I think that Semiclassical proposed a very nice solution rewriting $$a_n = \frac{6}{a_{n-1}-1}$$ $$\dfrac{1}{a_n+2}=\dfrac{1}{2}-\dfrac{3/2}{a_{n-1}+2}$$ So, let us define $$b_n=\dfrac{1}{a_n+2}$$ (with $b_0=\dfrac{1}{4}$); so the recurrence equation is simply $$b_n=\dfrac{1}{4}-\dfrac{3}{2}b_{n-1}$$ from which $$b_n=\frac{1}{20} \left(4+\left(-\frac{3}{2}\right)^n\right)$$ and then $$a_n=\frac{20}{4+\left(-\frac{3}{2}\right)^n}-2$$ as shown by Git Gud.

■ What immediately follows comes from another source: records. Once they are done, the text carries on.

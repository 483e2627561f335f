//! Worked rows of styles and blocks.
use super::{MEMORY, expect, expect_text};
use ansi_scan::Style;
use ansi_str_search::text::get_blocks;
use std::alloc::Global;
use std::process::Abort;

// A sequence, and the start and the end of the style that it makes of plain.
const STYLES: &[(&str, &str, &str)] = &[
    (
        "\x1b[38;5;20;1m",
        "\x1b[1m\x1b[38;5;20m",
        "\x1b[22m\x1b[39m",
    ),
    ("\x1b[1;38;5;300;4m", "\x1b[1m", "\x1b[22m"),
    ("\x1b[4;;1m", "\x1b[1m", "\x1b[22m"),
    ("\x1b[?1m", "", ""),
];

fn expect_style(rt: &impl Abort, alloc: Global, row: (&str, &str, &str)) {
    let (sequence, start, end) = row;
    let style = Style::plain().apply(sequence);
    let found = style.start().to_string(alloc).expect(rt, MEMORY);
    expect_text(rt, found.as_str(), start, sequence);
    let found = style.end().to_string(alloc).expect(rt, MEMORY);
    expect_text(rt, found.as_str(), end, sequence);
}

#[test]
fn sequences_make_styles(rt: HostRuntime) {
    for row in STYLES {
        expect_style(&rt, rt.alloc(), *row);
    }
}

// The blocks of a text, and which of them are styled.
const BLOCKS: [(&str, bool); 2] = [("a", true), ("b", false)];

#[test]
fn a_text_has_its_blocks(rt: HostRuntime) {
    let text = "\x1b[1ma\x1b[0mb";
    let mut blocks = get_blocks(text);
    for (shown, is_styled) in BLOCKS {
        let block = blocks.next().expect(&rt, "a block is missing");
        expect_text(&rt, block.text(), shown, text);
        expect(&rt, block.has_ansi() == is_styled, "styled", text);
    }
    expect(&rt, blocks.next().is_none(), "the end", text);
}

• I'm of two minds with this proof, as my comment above indicated: While it definitely works as a very direct proof, I can't convince myself I'd have noticed it without seeing the final result, which is dissatisfying... – Semiclassical Sep 21 '14 at 5:21
• Isn't a form of genius ? Be sure I am not kidding ! Cheers :-) – Claude Leibovici Sep 21 '14 at 5:30

Start with $a_n=\frac6{a_{n-1}-1}$, and replace $a_{n-1}$ with $\frac6{a_{n-2}-1}$. We obtain

$$a_n=\frac6{\frac6{a_{n-2}-1}-1}=\frac{6(1-a_{n-2})}{a_{n-2}-7}$$

Doing this again with $a_{n-2}=\frac6{a_{n-3}-1}$ and so forth, we get

$$a_n=\frac{6(7-a_{n-3})}{7a_{n-3}-13}=\frac{6(13-7a_{n-4})}{13a_{n-4}-55}=\frac{6(55-13a_{n-5})}{55a_{n-5}-133}$$

It would seem then, that

$$a_n=\frac{6(F_{k-1}-F_{k-2}a_{n-k})}{F_{k-1}a_{n-k}-F_k}$$

For some coefficients $F_k$. But what is $F_k$? To find out replace $a_{n-k}$ with $\frac6{a_{n-k-1}-1}$, then

$$a_n=\frac{6(F_{k-1}-F_{k-2}a_{n-k})}{F_{k-1}a_{n-k}-F_k}=\frac{6(F_{k-1}-F_{k-2}\frac6{a_{n-k-1}-1})}{F_{k-1}\frac6{a_{n-k-1}-1}-F_k}=\frac{6((6F_{k-2}+F_{k-1})-F_{k-1}a_{n-k-1})}{F_{k}a_{n-k-1}-(6F_{k-2}+F_{k-1})}=\frac{6(F_{k}-F_{k-1}a_{n-k-1})}{F_{k}a_{n-k-1}-F_{k+1}}$$

So it would seem that $F_k=F_{k-1}+6F_{k-2}$. By noting that $F_1=1,F_2=7$, we have the solution (I presume you can solve it yourself) $$F_k=\frac25(-2)^k+\frac353^k$$

By plugging in $k=n$, we now have

$$a_n=\frac{6(F_{n-1}-F_{n-2}a_{0})}{F_{n-1}a_{0}-F_n}=\frac{6(F_{n-1}-2F_{n-2})}{2F_{n-1}-F_n}$$

which eventually simplifies to $$a_n=3-\frac{5}{4\left(-\frac23\right)^n+1}$$

which fits both $a_0=2$ and $a_n=\frac6{a_{n-1}-1}$, so the expression is indeed correct.